Once you have some lambdas working away for you, it becomes necessary to monitor them. By default the lambdas will log any standard out to Cloudwatch, which is nice if you need to go back and see what caused an issue, but doesn't help alert you when an issue occurs. There are many ways to solve this issue, including many that would leverage AWS services but I already had a lifetime Pushover account, so decided to use it for instant push notifications on any unhandled lambda error.

def send_pushover(message, title, sound='pushover'):
    """
    Send a pushover message
    :param message: string; the message to send
    :param title: string; the title of the message
    :param sound: string; one of the keys of {'pushover': 'Pushover (default)', 'bike': 'Bike', 'bugle': 'Bugle',
                          'cashregister': 'Cash Register', 'classical': 'Classical', 'cosmic': 'Cosmic',
                          'falling': 'Falling', 'gamelan': 'Gamelan', 'incoming': 'Incoming',
                          'intermission': 'Intermission', 'magic': 'Magic', 'mechanical': 'Mechanical',
                          'pianobar': 'Piano Bar', 'siren': 'Siren', 'spacealarm': 'Space Alarm', 'tugboat': 'Tug Boat',
                          'alien': 'Alien Alarm (long)', 'climb': 'Climb (long)', 'persistent': 'Persistent (long)',
                          'echo': 'Pushover Echo (long)', 'updown': 'Up Down (long)', 'none': 'None (silent)'}
    :return: None
    """
    from pushover import init as pushover_init # install with `pip3 install python-pushover`
    from pushover import Client
    # Send Pushover notification via the API (this is the hamiltix key)
    pushover_init('XXXXXXXXXXXXXXXXXXXXXXXXXXXXX')
    client = Client('XXXXXXXXXXXXXXXXXXXXXXXXXXXXX')
    client.send_message(message, title=title, sound=sound)


def lambda_handler(event, context):
    try:
        return main(event, context)
    except Exception as e:
        print('[FATAL] Caught exception: {}'.format(e))
        import traceback
        error_trace = traceback.format_exc()
        print(error_trace)
        error_title = 'Error in [LambdaFunctionName]'
        send_pushover(error_trace, error_title, sound='falling')
        raise(e)  # Make sure the lambda function returns a 500

Getting a push alert any time there is an error helps us respond to issues as soon as they come up.
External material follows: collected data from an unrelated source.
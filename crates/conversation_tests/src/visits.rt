//! Which requests walk over rows, and which commit: a conversation in parts, each with the visits and
//! the commits that were made up to its end. What a part doesn't visit it reads by keys.
use crate::counting::CountingKeep;
use office_core::{Keep, Sink};
use std::alloc::Global;
use std::test::Fail;
use test_fixtures::conversations::{exchanges, is_unanswered};
use test_support::conversation::{difference_over, first_difference};
use text_core::{Chip, Name, Serial};
use yield_counts::Counted;

/// The parts, each under its name, with the visits and the commits.
const VISITS: &[(&str, &str, u64, u64)] = &[
    (
        "an order walks over orders, and a map over links",
        BEGINNING,
        2,
        2,
    ),
    (
        "a customer's devices are counted once, and found by their chips",
        BY_KEYS,
        3,
        9,
    ),
    ("a ledger is walked over", LEDGER, 4, 9),
    ("a page of devices is one walk", PAGE, 6, 9),
    ("what isn't accepted commits nothing", REFUSED, 6, 9),
    (
        "an order with addresses walks over orders once",
        WITH_ADDRESSES,
        7,
        10,
    ),
    (
        "an order is shown behind imported numbers after one walk over them",
        IMPORTED,
        8,
        11,
    ),
    (
        "a first report walks over orders, and over the serial numbers of each",
        FIRST_REPORT,
        11,
        11,
    ),
    (
        "a later report walks over orders alone",
        LATER_REPORT,
        12,
        12,
    ),
];

/// An order, which is compared with the customer's other orders, and a map, which is counted among
/// its maps.
const BEGINNING: &str = r#"
@ map
"#;

/// A device until it is shipped, another until it is scrapped, a repeat and what is shown then.
const BY_KEYS: &str = r#"
a1 POST /v1/device {"nr":3,"chip":"00000000000a","order":"o1","map":"$DIGEST","blocks":<>}
200 {"bits":[],"chip":"00000000000a","keys":{},"map":"$DIGEST","order":"o1",
  "pending":{"batch1":$NONE,"batch2":$NONE},"reason":null,"serial":null,"state":"registered"}
a1 POST /v1/plan {"nr":4,"chip":"00000000000a","wishes":[{"kind":"bit","field":"JTAG_DISABLE","index":0}]}
200 {"batch1":{"bits":[{"block":0,"mask":"00000040","word":6}],"keys":{}},"batch2":$NONE,
  "state":"awaiting1"}
a1 POST /v1/readback {"nr":5,"chip":"00000000000a","blocks":<0.6=00000040>}
200 {"outcome":"match","rest":$NONE,"state":"settled"}
# a repeat
a1 POST /v1/readback {"nr":5,"chip":"00000000000a","blocks":<0.6=00000040>}
200 {"outcome":"match","rest":$NONE,"state":"settled"}
a1 POST /v1/identity {"nr":6,"chip":"00000000000a","public_key":"616263"}
200 {"chip":"00000000000a","issuer":"acme-ca",
  "key_sha256":"ba7816bf8f01cfea414140de5dae2223b00361a396177a9cb410ff61f20015ad","mac":null,
  "not_after":"99991231235959Z","not_before":null,"serial":"A998"}
a1 POST /v1/ship {"nr":7,"chip":"00000000000a"}
200 {"chip":"00000000000a","state":"shipped"}
a1 POST /v1/device {"nr":8,"chip":"00000000000b","order":"o1","map":"$DIGEST","blocks":<>}
200 {"bits":[],"chip":"00000000000b","keys":{},"map":"$DIGEST","order":"o1",
  "pending":{"batch1":$NONE,"batch2":$NONE},"reason":null,"serial":null,"state":"registered"}
a1 POST /v1/scrap {"nr":9,"chip":"00000000000b"}
200 {"chip":"00000000000b","state":"scrapped"}
a1 GET /v1/device?chip=00000000000a
200 {"bits":[{"block":0,"mask":"00000040","word":6}],"chip":"00000000000a","keys":{},
  "map":"$DIGEST","order":"o1","pending":{"batch1":$NONE,"batch2":$NONE},"reason":null,
  "serial":"A998","state":"shipped"}
a1 GET /v1/identity?chip=00000000000a
200 {"chip":"00000000000a","issuer":"acme-ca",
  "key_sha256":"ba7816bf8f01cfea414140de5dae2223b00361a396177a9cb410ff61f20015ad","mac":null,
  "not_after":"99991231235959Z","not_before":null,"serial":"A998"}
a1 GET /v1/order?name=o1
200 {"first":998,"issuer":"acme-ca","mac":null,"macs":0,"name":"o1","next":"A999","not_before":null,
  "prefix":"A","quantity":2,"width":3}
"#;

/// The entries of a device.
const LEDGER: &str = r#"
a1 GET /v1/ledger?chip=00000000000b
200 {"chip":"00000000000b","entries":[
  {"bits":[],"event":"registered","keys":{},"n":1,"note":"","seat":"a1"},
  {"bits":[],"event":"scrapped","keys":{},"n":2,"note":"","seat":"a1"}]}
"#;

/// The first page of devices, and the one behind the first device.
const PAGE: &str = r#"
a1 GET /v1/devices?after=
200 {"devices":[
  {"chip":"00000000000a","order":"o1","reason":null,"serial":"A998","state":"shipped"},
  {"chip":"00000000000b","order":"o1","reason":null,"serial":null,"state":"scrapped"}],"next":null}
a1 GET /v1/devices?after=00000000000a
200 {"devices":[
  {"chip":"00000000000b","order":"o1","reason":null,"serial":null,"state":"scrapped"}],"next":null}
"#;

/// Another body of the last number, a number that skips one, a device that isn't there, and a repeat.
const REFUSED: &str = r#"
a1 POST /v1/ship {"nr":9,"chip":"00000000000b"}
409 {"error":"other_body","no":12}
a1 POST /v1/ship {"nr":11,"chip":"00000000000b"}
409 {"error":"wrong_number","expected":10,"no":11}
a1 POST /v1/ship {"nr":10,"chip":"00000000000c"}
404 {"error":"unknown_device","no":15}
a1 POST /v1/scrap {"nr":9,"chip":"00000000000b"}
200 {"chip":"00000000000b","state":"scrapped"}
"#;

/// An order whose range and addresses are compared with the customer's other orders.
const WITH_ADDRESSES: &str = r#"
a1 POST /v1/order {"nr":10,"name":"o2","issuer":"acme-ca","prefix":"B","width":3,"first":1,"quantity":2,"macs":1}
200 {"first":1,"issuer":"acme-ca","mac":"020000000010","macs":1,"name":"o2","next":"B001",
  "not_before":null,"prefix":"B","quantity":2,"width":3}
"#;

/// The first number of an order is imported, with a serial number that is none of its own. What is
/// shown as next is the second.
const IMPORTED: &str = r#"
a1 POST /v1/import {"nr":11,"issuer":"acme-ca","csv":"serial,key_sha256\nB001,ca978112ca1bbdcafac231b39a23dc4da786eff8147c4e72b9807785afee48bb\nZ1,3e23e8160039594a33894f6564e1b1348bbd7a0088d42c4acb73eeaed59c009d\n"}
200 {"added":2,"present":0}
a1 GET /v1/order?name=o2
200 {"first":1,"issuer":"acme-ca","mac":"020000000010","macs":1,"name":"o2","next":"B002",
  "not_before":null,"prefix":"B","quantity":2,"width":3}
"#;

/// A report of two orders.
const FIRST_REPORT: &str = r#"
a1 GET /v1/report
csv order,quantity,registered,planned,settled,identified,shipped,quarantined,scrapped,serials_left|
  o1,2,0,0,0,0,1,0,1,1|
  o2,2,0,0,0,0,0,0,0,1|
"#;

/// A report behind another device.
const LATER_REPORT: &str = r#"
a1 POST /v1/device {"nr":12,"chip":"00000000000c","order":"o2","map":"$DIGEST","blocks":<>}
200 {"bits":[],"chip":"00000000000c","keys":{},"map":"$DIGEST","order":"o2",
  "pending":{"batch1":$NONE,"batch2":$NONE},"reason":null,"serial":null,"state":"registered"}
a1 GET /v1/report
csv order,quantity,registered,planned,settled,identified,shipped,quarantined,scrapped,serials_left|
  o1,2,0,0,0,0,1,0,1,1|
  o2,2,1,0,0,0,0,0,0,1|
"#;

/// Holds a conversation in which an allocation may be refused: the first request that is answered
/// with 503, or by the stream's end, though something was committed, or that doesn't get its reply
/// when it is sent again.
fn first_unanswered_commit(
    alloc: Global,
    keep: &mut Counted<CountingKeep>,
    conversation: &str,
) -> Result<String, Fail> {
    for exchange in exchanges(alloc, conversation)? {
        let commits = keep.keeper().commits();
        let mut found = difference_over(alloc, keep, exchange)?;
        if is_unanswered(found.as_str()) && keep.keeper().commits() == commits {
            found = difference_over(alloc, keep, exchange)?;
        }
        if !found.is_empty() {
            return Ok(found);
        }
    }
    Ok(String::new(alloc))
}

/// Wants any row, and does nothing with it.
#[derive(Drop)]
struct Nothing;

impl<R> Sink<R> for Nothing {
    ghost takes = { λ _ _ _ _. Unit {0} };

    fn take(&mut self, _row: &R) -> bool {
        true
    }
}

/// Makes a visit of each of the eight kinds.
fn visit_each<K: Keep>(keep: &mut K) -> Result<(), Fail> {
    let name = Name::parse("acme").ok_or("no name")?;
    let chip = Chip::parse("00000000000a").ok_or("no chip")?;
    let serial = Serial::parse("A998").ok_or("no serial number")?;
    keep.visit_orders(&name, &mut Nothing)?;
    keep.visit_claims(&name, &mut Nothing)?;
    keep.visit_links(&name, &mut Nothing)?;
    keep.visit_devices(&name, &mut Nothing)?;
    keep.visit_devices_behind(&name, &chip, &mut Nothing)?;
    keep.visit_given(&name, &mut Nothing)?;
    keep.visit_serials_behind(&name, &serial, &mut Nothing)?;
    keep.visit_ledger(&name, &chip, &mut Nothing)?;
    Ok(())
}

/// How many visits are counted after one of each of the eight kinds.
fn visits_of_each_kind(alloc: Global) -> Result<u64, Fail> {
    let mut keep = CountingKeep::new(alloc);
    visit_each(&mut keep)?;
    Ok(keep.visits())
}

/// Holds the parts over one keeper: the first with another reply, or with other visits or commits.
fn first_other_count(alloc: Global, keep: &mut Counted<CountingKeep>) -> Result<String, Fail> {
    for row in VISITS {
        let found = first_difference(alloc, keep, row.1)?;
        if !found.is_empty() {
            return Ok(found);
        }
        let (visits, commits) = (keep.keeper().visits(), keep.keeper().commits());
        if visits != row.2 || commits != row.3 {
            return Ok(format!(in alloc; "{}: {visits} visits, {commits} commits", row.0)?);
        }
    }
    Ok(String::new(alloc))
}

/// One request after another over one keeper that counts: an order, a map, a ledger, a page of devices,
/// a number behind imported ones and a first report are walked for, and nothing else is. What is accepted commits once, and
/// nothing else commits.
#[test]
fn only_what_is_listed_is_walked_for(rt: HostRuntime) -> Result<(), Fail> {
    let mut keep = Counted::over(rt.alloc(), CountingKeep::new(rt.alloc()));
    let found = first_other_count(rt.alloc(), &mut keep)?;
    assert_eq!(rt; found.as_str(), "");
    Ok(())
}

#[test]
fn each_kind_of_visit_counts(rt: HostRuntime) -> Result<(), Fail> {
    assert_eq!(rt; visits_of_each_kind(rt.alloc())?, 8);
    Ok(())
}

/// By hand, `rt try --test --fail-alloc N`: it holds where the server is refused an allocation.
/// None is asked for between a commit and its reply, so a request that is answered 503 has
/// committed nothing.
#[test]
fn what_is_committed_is_answered(rt: HostRuntime) -> Result<(), Fail> {
    let mut keep = Counted::over(rt.alloc(), CountingKeep::new(rt.alloc()));
    for row in VISITS {
        let found = first_unanswered_commit(rt.alloc(), &mut keep, row.1)?;
        assert_eq!(rt; found.as_str(), "", "{}", row.0);
    }
    Ok(())
}
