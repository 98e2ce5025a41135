//! What few steps leave of a store.
ghost use Rattle.std.specs.Prelude.{◌≤◌};

use crate::conversations::plans;
use std::alloc::Global;
use std::test::Fail;
use test_fixtures::conversations::plans::A_BIT_AND_ITS_LOCK;
use test_fixtures::conversations::{exchanges, is_unanswered};
use test_fixtures::samples::SITE;
use test_support::conversation::{difference_over, first_difference};
use test_support::keepers::{Fresh, SqlMemory};
use yield_counts::Counted;

/// A keeper whose statements may be limited. The functions below take any, so that nothing proves in
/// each how the parts of a database are dropped.
trait Limited: Fresh {
    /// The keeper, whose statements may take so many steps from now on.
    fn with_steps(self, alloc: Global, steps: u64) -> Self
        requires { 1 ≤ steps };
}

impl Limited for Counted<SqlMemory> {
    fn with_steps(self, alloc: Global, steps: u64) -> Counted<SqlMemory> {
        let mut keep = self.into_keep();
        keep.set_steps(steps);
        Counted::over(alloc, keep)
    }
}

/// Holds a conversation over a store that may first take one step a statement, and is adopted anew
/// after each request: the first request that gets neither its reply nor 503, or whose repeat doesn't
/// get its reply once the store may take a million steps, and what it got.
fn first_difference_in_few_steps<K: Limited>(
    alloc: Global,
    conversation: &str,
) -> Result<String, Fail> {
    let mut keep = K::fresh(alloc)?;
    for exchange in exchanges(alloc, conversation)? {
        keep = keep.with_steps(alloc, 1);
        let found = difference_over(alloc, &mut keep, exchange)?;
        if !found.is_empty() && !is_unanswered(found.as_str()) {
            return Ok(found);
        }
        keep = keep.with_steps(alloc, 1_000_000);
        let found = difference_over(alloc, &mut keep, exchange)?;
        if !found.is_empty() {
            return Ok(found);
        }
        keep = keep.reopened(alloc, SITE)?;
    }
    Ok(String::new(alloc))
}

/// A ledger of six entries, whose walk takes more than a step.
const INTERRUPTED: &str = r#"
a1 GET /v1/ledger?chip=00000000000a
503 {"error":"unkept","no":50}
"#;

/// What is got for a ledger where a statement may take one step: what differs first.
fn first_difference_in_one_step<K: Limited>(alloc: Global) -> Result<String, Fail> {
    let mut keep = K::fresh(alloc)?;
    let found = first_difference(alloc, &mut keep, A_BIT_AND_ITS_LOCK)?;
    if !found.is_empty() {
        return Ok(found);
    }
    keep = keep.with_steps(alloc, 1);
    first_difference(alloc, &mut keep, INTERRUPTED)
}

/// Holds the conversations about plans in few steps, and asks for a ledger in one: what differs first.
fn first_difference_of_steps<K: Limited>(alloc: Global) -> Result<String, Fail> {
    for row in plans() {
        let found = first_difference_in_few_steps::<K>(alloc, row.1)?;
        if !found.is_empty() {
            return Ok(format!(in alloc; "{}: {found}", row.0)?);
        }
    }
    first_difference_in_one_step::<K>(alloc)
}

/// What a limit of steps interrupts is answered 503 and changes nothing. The store is adopted anew
/// after each request.
#[test]
fn few_steps_change_nothing_or_serve(rt: HostRuntime) -> Result<(), Fail> {
    let found = first_difference_of_steps::<Counted<SqlMemory>>(rt.alloc())?;
    assert_eq!(rt; found.as_str(), "");
    Ok(())
}
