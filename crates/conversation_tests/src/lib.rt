//! Tests of the server by conversations, over both keepers: each request gets its reply, whatever
//! other customers ask, in streams and in lists, and what few steps leave. Streams are tested too:
//! where they end, in what pieces they come, and readers and writers that fail.
#![tactic(auto)]

#[cfg(test)]
mod chips;
#[cfg(test)]
mod conversations;
#[cfg(test)]
mod counting;
#[cfg(test)]
mod digests;
#[cfg(test)]
mod growths;
#[cfg(test)]
mod isolation;
#[cfg(test)]
mod limits;
#[cfg(test)]
mod maps;
#[cfg(test)]
mod parts;
#[cfg(test)]
mod products;
#[cfg(test)]
mod rare;
#[cfg(test)]
mod seats;
#[cfg(test)]
mod sizes;
#[cfg(test)]
mod steps;
#[cfg(test)]
mod streams;
#[cfg(test)]
mod visits;
#[cfg(test)]
mod want;
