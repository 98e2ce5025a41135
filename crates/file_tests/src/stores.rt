//! What a store is when it is opened, and what stands in its columns.
use crate::disks::{
    FilesCase, InFiles, Store, held_over, opened_and_closed, over_files, undisturbed,
};
use std::alloc::Global;
use std::test::Fail;
use test_fixtures::conversations::beginnings::RECORD;
use test_fixtures::conversations::exchanges;
use test_fixtures::conversations::identities::SKIPPED;
use test_fixtures::conversations::plans::A_BIT_AND_ITS_LOCK;
use test_fixtures::samples::{OTHER_SITE, SITE, SITE_WITH_A_CUSTOMER, SITE_WITH_A_POOL};

/// Changes of a store that was opened for the sample site, by SQL, the text of the site for which it is
/// opened then, and the number of the fault, 0 where there is none.
const CHANGED: &[(&str, &str, u8)] = &[
    ("", SITE, 0),
    ("", SITE_WITH_A_POOL, 0),
    ("", SITE_WITH_A_CUSTOMER, 0),
    ("", OTHER_SITE, 1),
    ("", "customer = [] \n", 1),
    ("UPDATE meta SET schema = 7", SITE, 2),
    ("UPDATE meta SET schema = 7", OTHER_SITE, 2),
    ("UPDATE meta SET schema = -1", SITE, 2),
    // The number of another schema of this program, or of none.
    ("UPDATE meta SET schema = 1", SITE, 2),
    ("UPDATE meta SET schema = 2", SITE, 2),
    ("UPDATE meta SET schema = 2", OTHER_SITE, 2),
    ("UPDATE meta SET schema = 4", SITE, 2),
    ("UPDATE meta SET site = X'00'", SITE, 2),
    // 32 bytes that aren't the digest of the text that is held.
    (
        "UPDATE meta SET site = X'4afd80a9e9f71f065bdf0a550f7df08c7dce5a3f3e2ac971913906375d9fecbb'",
        SITE,
        2,
    ),
    ("UPDATE meta SET id = 2", SITE, 2),
    ("UPDATE meta SET id = 2", OTHER_SITE, 2),
    ("DELETE FROM meta", SITE, 2),
    (
        "INSERT INTO meta (id, schema, site) VALUES (2, 3, X'00')",
        SITE,
        2,
    ),
    // No text, two of them, one of another number, and one that isn't told of.
    ("DELETE FROM site_text", SITE, 2),
    (
        "INSERT INTO site_text (id, body) VALUES (2, 'customer = []')",
        SITE,
        2,
    ),
    ("UPDATE site_text SET id = 2", SITE, 2),
    ("UPDATE site_text SET id = 2", OTHER_SITE, 2),
    ("UPDATE site_text SET body = 'customer = []'", SITE, 2),
    // A text of no customer that is told of: both sites are growths of it.
    (TELLS_OF_NO_CUSTOMER, SITE, 0),
    (TELLS_OF_NO_CUSTOMER, OTHER_SITE, 0),
    // Texts that are told of and are no site's: one that is no TOML, and an empty one.
    (
        "UPDATE site_text SET body = 'customer'; UPDATE meta SET site = X'b6c45863875e34487ca3c155ed145efe12a74581e27befec5aa661b8ee8ca6dd'",
        SITE,
        1,
    ),
    (
        "UPDATE site_text SET body = ''; UPDATE meta SET site = X'e3b0c44298fc1c149afbf4c8996fb92427ae41e4649b934ca495991b7852b855'",
        SITE,
        1,
    ),
    // Bytes that are no UTF-8, with their digest.
    (
        "UPDATE site_text SET body = CAST(X'ff' AS TEXT); UPDATE meta SET site = X'a8100ae6aa1940d0b663bb31cd466142ebbdbd5187131b92d93818987832eb89'",
        SITE,
        2,
    ),
    ("DROP TABLE site_text", SITE, 2),
    ("DROP TABLE site_text; UPDATE meta SET schema = 2", SITE, 0),
    ("DROP TABLE ledger", SITE, 2),
    ("CREATE TABLE other (x INTEGER) STRICT", SITE, 2),
    ("CREATE INDEX other ON ledger (seat)", SITE, 2),
    (
        "INSERT INTO map (id, body, digest) VALUES (-1, '', X'00')",
        SITE,
        2,
    ),
    // An order and a record with their starts, and without them.
    (
        "INSERT INTO orders VALUES ('acme', 'o1', 'acme-ca', 'A', 3, 1, 1, 0, NULL, 1); INSERT INTO order_start VALUES ('acme', 'o1', NULL)",
        SITE,
        0,
    ),
    (
        "INSERT INTO orders VALUES ('acme', 'o1', 'acme-ca', 'A', 3, 1, 1, 0, NULL, 1); INSERT INTO order_start VALUES ('acme', 'o1', NULL); DELETE FROM order_start",
        SITE,
        2,
    ),
    // They are asked for before the text is.
    (
        "INSERT INTO orders VALUES ('acme', 'o1', 'acme-ca', 'A', 3, 1, 1, 0, NULL, 1)",
        OTHER_SITE,
        2,
    ),
    (
        "INSERT INTO given VALUES ('acme-ca', 'Z1', 'acme', X'00', NULL, NULL, '99991231235959Z'); INSERT INTO given_start VALUES ('acme-ca', 'Z1', NULL)",
        SITE,
        0,
    ),
    (
        "INSERT INTO given VALUES ('acme-ca', 'Z1', 'acme', X'00', NULL, NULL, '99991231235959Z')",
        SITE,
        2,
    ),
    ("DROP TABLE given_start", SITE, 2),
    // Two records with an address each, with one address, and with none.
    (
        "INSERT INTO given VALUES ('acme-ca', 'Z1', 'acme', X'00', NULL, '020000000010', '99991231235959Z'), ('acme-ca', 'Z2', 'acme', X'01', NULL, '020000000011', '99991231235959Z'); INSERT INTO given_start VALUES ('acme-ca', 'Z1', NULL), ('acme-ca', 'Z2', NULL)",
        SITE,
        0,
    ),
    (
        "INSERT INTO given VALUES ('acme-ca', 'Z1', 'acme', X'00', NULL, '020000000010', '99991231235959Z'), ('acme-ca', 'Z2', 'acme', X'01', NULL, '020000000011', '99991231235959Z'); INSERT INTO given_start VALUES ('acme-ca', 'Z1', NULL), ('acme-ca', 'Z2', NULL); UPDATE given SET mac = '020000000010'",
        SITE,
        2,
    ),
    (
        "INSERT INTO given VALUES ('acme-ca', 'Z1', 'acme', X'00', NULL, '020000000010', '99991231235959Z'), ('acme-ca', 'Z2', 'acme', X'01', NULL, '020000000011', '99991231235959Z'); INSERT INTO given_start VALUES ('acme-ca', 'Z1', NULL), ('acme-ca', 'Z2', NULL); UPDATE given SET mac = '020000000010'",
        OTHER_SITE,
        2,
    ),
    (
        "INSERT INTO given VALUES ('acme-ca', 'Z1', 'acme', X'00', NULL, '020000000010', '99991231235959Z'), ('acme-ca', 'Z2', 'acme', X'01', NULL, '020000000011', '99991231235959Z'); INSERT INTO given_start VALUES ('acme-ca', 'Z1', NULL), ('acme-ca', 'Z2', NULL); UPDATE given SET mac = NULL",
        SITE,
        0,
    ),
];

/// The store holds the text of a site of no customer, and names its digest.
const TELLS_OF_NO_CUSTOMER: &str =
    "UPDATE site_text SET body = 'customer = []'; UPDATE meta SET site = X'4afd80a9e9f71f065bdf0a550f7df08c7dce5a3f3e2ac971913906375d9fecbb'";

/// Stores that no keeper made, by the SQL that makes them: each is of other tables.
const FOREIGN: &[&str] = &[
    "CREATE TABLE meta (x INTEGER) STRICT",
    "CREATE TABLE meta (id INTEGER PRIMARY KEY, schema INTEGER NOT NULL, site BLOB NOT NULL) STRICT",
    "CREATE VIEW meta AS SELECT 1 AS id, 1 AS schema, X'00' AS site",
    "CREATE TABLE other (x)",
];

/// Conversations, and what stands in rows then: how a row begins, how it ends, and how many there are of such.
const ROWS: &[(&str, &str, &str, usize)] = &[
    // Orders and records with a beginning of validity and without one: one of the records without is of an
    // identity under the other order, and one is imported.
    (RECORD, "order_start|", "|'20240229120000Z'", 1),
    (RECORD, "order_start|", "|NULL", 1),
    (RECORD, "given_start|", "|'20240229120000Z'", 2),
    (RECORD, "given_start|", "|NULL", 2),
];

/// How the row of a settled device ends whose chip has bit 14 of block 0's word 0 and bit 6 of its word 6 burnt:
/// `bits`, 31 words with the lowest byte first; `keys`, two that aren't there; `todo`, work in which there is
/// none; and no serial number.
fn settled_columns(alloc: Global) -> Result<String, Fail> {
    let (some, rest) = ("00".repeat(alloc, 22)?, "00".repeat(alloc, 99)?);
    let (keys, todo) = ("00".repeat(alloc, 66)?, "00".repeat(alloc, 314)?);
    Ok(format!(in alloc; "|0040{some}40{rest}|{keys}|{todo}|NULL")?)
}

/// How many rows begin and end with these.
fn count_of_rows(rows: &str, start: &str, end: &str) -> usize {
    rows.lines()
        .filter(|row| row.starts_with(start) && row.ends_with(end))
        .count()
}

/// Opens a store that was changed by SQL for the site of a text: the number of the fault, or 0.
fn fault_after<K: InFiles>(
    alloc: Global,
    store: &Store,
    sql: &str,
    site: &str,
) -> Result<u8, Fail> {
    let (_, changed) = K::changed(alloc, store, sql)?;
    let (fault, _) = opened_and_closed::<K>(alloc, &changed, site)?;
    Ok(fault)
}

/// Changes the sample site's store and opens it, and opens stores that no keeper made: the first with another
/// fault.
fn first_other_fault<K: InFiles>(alloc: Global) -> Result<String, Fail> {
    let new = Store::new(alloc);
    let (_, own) = held_over::<K>(alloc, &new, SITE, &[])?;
    for row in CHANGED {
        let fault = fault_after::<K>(alloc, &own, row.0, row.1)?;
        if fault != row.2 {
            return Ok(format!(in alloc; "{}: {} -> {fault}", row.0, row.2)?);
        }
    }
    for sql in FOREIGN {
        let fault = fault_after::<K>(alloc, &new, sql, SITE)?;
        if fault != 2 {
            return Ok(format!(in alloc; "{sql}: {fault}")?);
        }
    }
    Ok(String::new(alloc))
}

/// All that stands in a new store behind a conversation.
fn rows_behind<K: InFiles>(alloc: Global, conversation: &str) -> Result<String, Fail> {
    let exchanges = exchanges(alloc, conversation)?;
    undisturbed::<K>(alloc, &Store::new(alloc), SITE, exchanges.as_slice())
}

/// Holds conversations and looks at the rows: the first that are others.
fn first_other_rows<K: InFiles>(alloc: Global) -> Result<String, Fail> {
    for row in ROWS {
        let rows = rows_behind::<K>(alloc, row.0)?;
        if count_of_rows(rows.as_str(), row.1, row.2) != row.3 {
            return Ok(format!(in alloc; "{}..{}: {rows}", row.1, row.2)?);
        }
    }
    let rows = rows_behind::<K>(alloc, A_BIT_AND_ITS_LOCK)?;
    let columns = settled_columns(alloc)?;
    if count_of_rows(rows.as_str(), "device|", columns.as_str()) != 1 {
        return Ok(rows);
    }
    Ok(String::new(alloc))
}

/// Holds the conversation on numbers that are skipped, up to each identity: each serial number that it gives, and
/// the cursor in the row of the order then.
fn cursors_behind_serials<K: InFiles>(alloc: Global) -> Result<String, Fail> {
    let all = exchanges(alloc, SKIPPED)?;
    let mut cursors = String::new(alloc);
    for (place, exchange) in all.iter().enumerate() {
        if let Some((_, serial)) = exchange.wanted.split_once("\"serial\":\"") {
            let (made, _) = all.as_slice().split_at(place + 1);
            let rows = undisturbed::<K>(alloc, &Store::new(alloc), SITE, made)?;
            let (_, row) = rows
                .as_str()
                .split_once("\norders|'acme'|'q'|")
                .ok_or("no order")?;
            let (row, _) = row.split_once("\n").ok_or("no row")?;
            let (_, cursor) = row.rsplit_once("|").ok_or("no cursor")?;
            let serial = serial.strip_suffix("\"}").unwrap_or(serial);
            write!(cursors, "{serial} {cursor};")?;
        }
    }
    Ok(cursors)
}

/// Stores that were changed, and those of others.
struct OtherStores;

impl FilesCase for OtherStores {
    fn first_difference<K: InFiles>(alloc: Global) -> Result<String, Fail> {
        first_other_fault::<K>(alloc)
    }
}

/// Rows behind conversations.
struct Rows;

impl FilesCase for Rows {
    fn first_difference<K: InFiles>(alloc: Global) -> Result<String, Fail> {
        first_other_rows::<K>(alloc)
    }
}

/// Cursors behind identities.
struct Cursors;

impl FilesCase for Cursors {
    fn first_difference<K: InFiles>(alloc: Global) -> Result<String, Fail> {
        cursors_behind_serials::<K>(alloc)
    }
}

#[test]
fn stores_of_others_are_refused(rt: HostRuntime) -> Result<(), Fail> {
    assert_eq!(rt; over_files::<OtherStores>(rt.alloc())?.as_str(), "");
    Ok(())
}

#[test]
fn columns_have_their_values(rt: HostRuntime) -> Result<(), Fail> {
    assert_eq!(rt; over_files::<Rows>(rt.alloc())?.as_str(), "");
    Ok(())
}

/// The cursor is behind the number that was given, also where numbers are skipped.
#[test]
fn cursors_stand_behind_the_numbers_given(rt: HostRuntime) -> Result<(), Fail> {
    assert_eq!(rt;
        over_files::<Cursors>(rt.alloc())?.as_str(),
        "A001 2;A003 4;"
    );
    Ok(())
}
The same send_pushover() is used to alert on other things as well, like any time a ticket is purchaced (with the cash register sound naturally).

Cost

So how much does it cost to run hamiltix.net? Right now we are still in the 12 month AWS "free-tier" and monthly cost is stable at around $0.60, of which $0.50 is Route53 (one hosted zone) and the rest is S3 and taxes. After the "free-tier" expires our S3 costs will increase slightly, API Gateway will be $0.09 per GB of data transferred out, and Cloudfront will be $0.085 for the first 10TB a month but Lambda, DynamoDB, and Cloudwatch will remain free (unless we get really popular!), and costs should remain under $1. Reddit has correced my error, and API Gateway has a base fee of $3.50 for the first 1 million requests. After the free-tier expires costs should remain under $5. If we wanted to bring this down even more, moving the domain to Google Domains (or similar) would reduce our current costs by 80%!